Эти слова озадачили Делаборда. Привыкши верить только рекламам, он скептически относился ко всем газетным статьям вообще. Статьи об антимилитаризме говорили ему почти столько же, сколько об’явления о каких-нибудь пилюлях и других патентованных средствах. Что касается каких-нибудь депутатских речей, митингов, то и тут он допускал какую-нибудь крупицу правды, тонущей в море лжи. Но, тут, слово, сказанное с глазу на глаз, произвело впечатление. И на него действовал искренний тон этого вождя, ясные глаза которого предрекали ему много тяжелого.

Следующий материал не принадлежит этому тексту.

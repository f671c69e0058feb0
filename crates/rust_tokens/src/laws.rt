//! Laws of the tokens of texts and files: each is the contract of a function that does nothing.

ghost use Rattle.std.specs.Prelude.{◌≡◌, ◌≤◌, ◌++◌, ◌∷◌, ℕ, Bool, IsTrue, List, length};
ghost use Rattle.std.specs.List.{list_all};
ghost use Rattle.rust_tokens.specs.Files.{ReadsFile};
ghost use Rattle.rust_tokens.specs.Fronts.{EndsWithBarrier, ReadsBeforeWords};
ghost use Rattle.rust_tokens.specs.Runs.{is_id_start};
ghost use Rattle.rust_tokens.specs.Texts.{Text};
ghost use Rattle.rust_tokens.specs.Tokens.{Begins, Lexeme, Reads, ReadsTo, Stands, is_allowed};
ghost use Rattle.rust_tokens.specs.declared.kinds.Kind.{Kind};

/// A text, and a file, read as tokens in at most one way.
pub fn one_reading()
    ensures text { (whole : Text) (xs ys : List Lexeme) → Reads whole xs → Reads whole ys
        → xs ≡ ys }
    ensures file { (whole : Text) (xs ys : List Lexeme) → ReadsFile whole xs → ReadsFile whole ys
        → xs ≡ ys }
{}

/// Each text reads as tokens, and so does each file.
pub fn every_text_reads()
    ensures text { (whole : Text) → (xs : List Lexeme) × Reads whole xs }
    ensures file { (whole : Text) → (xs : List Lexeme) × ReadsFile whole xs }
{}

/// The token that a text begins with is the longest, suffixes aside: no longer front of the text is
/// a token of any kind that may stand before the text after that front.
pub fn longest_token()
    ensures { (x : Lexeme) (whole r : Text) (k : Kind) (e : Bool) (b a s : Text)
        → Begins x whole r → Stands k e b a → whole ≡ b ++ s → IsTrue (is_allowed k b s)
        → length b ≤ length x.body }
{}

/// A front of a text that ends with a barrier, and reads as tokens that have their ends, up to a
/// word, reads as these tokens before each word.
pub fn front_before_words()
    ensures { (u t : Text) (c : ℕ) (xs : List Lexeme) → EndsWithBarrier u → IsTrue (is_id_start c)
        → IsTrue (list_all (λ x. x.is_ended) xs) → ReadsTo (u ++ c ∷ t) xs (c ∷ t)
        → ReadsBeforeWords u xs }
{}
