//! Runs one of the jobs that bench/ times, over inputs that it makes from a number, and prints a
//! digest of all that the calls return: `benchmark JOB COUNT SEED`.
#![tactic(auto)]

mod digest;
mod inputs;
mod jobs;
mod long;
mod random;
mod source;

use digest::Digest;
use random::Random;
use std::alloc::{AllocError, Global};
use std::env;
use std::process::ExitCode;
use std::test::Fail;

/// Runs a job of this name `count` times. Returns whether there is such a job, and `Err` if an
/// allocation fails.
fn run(
    alloc: Global,
    job: &str,
    count: usize,
    random: &mut Random,
    digest: &mut Digest,
) -> Result<bool, AllocError> {
    match job {
        "check" => jobs::check_each(alloc, count, random, digest)?,
        "records" => jobs::record_each(alloc, count, random, digest)?,
        "lint" => jobs::lint_each(alloc, count, random, digest)?,
        "list" => long::list_each(alloc, count, random, digest)?,
        "awkward" => long::awkward(alloc, count, random, digest)?,
        "source" => source::lex_each(alloc, count, random, digest)?,
        "files" => source::read_each(alloc, count, random, digest)?,
        _ => return Ok(false),
    }
    Ok(true)
}

/// Runs the jobs that the words name, each `count` times. Returns whether the words are understood.
fn answer(rt: &HostRuntime, words: &[String]) -> Result<bool, Fail> {
    let [_program, job, count, seed] = words else {
        return Ok(false);
    };
    let (Ok(count), Ok(seed)) = (count.as_str().parse(), seed.as_str().parse()) else {
        return Ok(false);
    };
    for job in job.as_str().split(',') {
        let mut random = Random::new(seed);
        let mut digest = Digest::new();
        if !run(rt.alloc(), job, count, &mut random, &mut digest)? {
            return Ok(false);
        }
        let value = digest.value();
        println!(rt; "{job} {value:016x}")?;
    }
    Ok(true)
}

fn main(rt: HostRuntime) -> Result<ExitCode, Fail> {
    let words: Vec<String> = env::args(&rt)?.collect(rt.alloc())?;
    if answer(&rt, words.as_slice())? {
        return Ok(ExitCode::SUCCESS);
    }
    let _ = rt.eprintln("usage: benchmark JOB[,JOB].. COUNT SEED");
    Ok(ExitCode::from(2))
}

Антуан Делаборд не забыл 1870 года, когда ему пришлось шагать в толпе несчастных, по грязи, под снегом и дождем, он знал, какой ужас чувствовать себя побежденным, чувствовать над своей нацией тяжелую руку другой. Патриотизм сросся со всем его существом. Он еще мог понять, что человек может бежать от врага из трусости, но понять то, что человек может уклоняться от врага из убеждений, он был не в силах.
— И вы говорите совершенно искренно?— прорычал он, и жилы его на лбу налились.